◆ WHAT YOU NEED TO DO
Each of the records that follow needs an exact reproduction.

Dataset entries
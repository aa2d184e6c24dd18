// Prints the tree records of the text on standard input, of at most 8,192 bytes and 3,000 records, or its first fault.
#![tactic(auto)]

// `trees` and the other programs differ in their arrays: one function for all would take a closure over arrays of a const length,
// which the borrow checker does not cover.
fn main(rt: HostRuntime) {
    let mut input = [0u8; listing::SHORT_INPUT];
    let Some(count) = streams::read_input(&rt, &mut input) else {
        return;
    };
    let mut trees = [0u32; listing::SHORT_TREES];
    let mut output = [0u8; listing::SHORT_OUTPUT];
    let written = listing::list_short(&input, count, &mut trees, &mut output);
    streams::write_output(&rt, &output[..written]);
}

◆ EXERCISE SOLUTION
repository aa2d184e6c24dd18
// Prints the tree records of the text on standard input, of at most 8,192 bytes and 3,000 records, or its first fault.
#![tactic(auto)]

// `trees` and the other programs differ in their arrays: one function for all would take a closure over arrays of a const length,
// which the borrow checker does not cover.
fn main(rt: HostRuntime) {
    let mut input = [0u8; listing::SHORT_INPUT];
    let Some(count) = streams::read_input(&rt, &mut input) else {
        return;
    };
    let mut trees = [0u32; listing::SHORT_TREES];
    let mut output = [0u8; listing::SHORT_OUTPUT];
    let written = listing::list_short(&input, count, &mut trees, &mut output);
    streams::write_output(&rt, &output[..written]);
}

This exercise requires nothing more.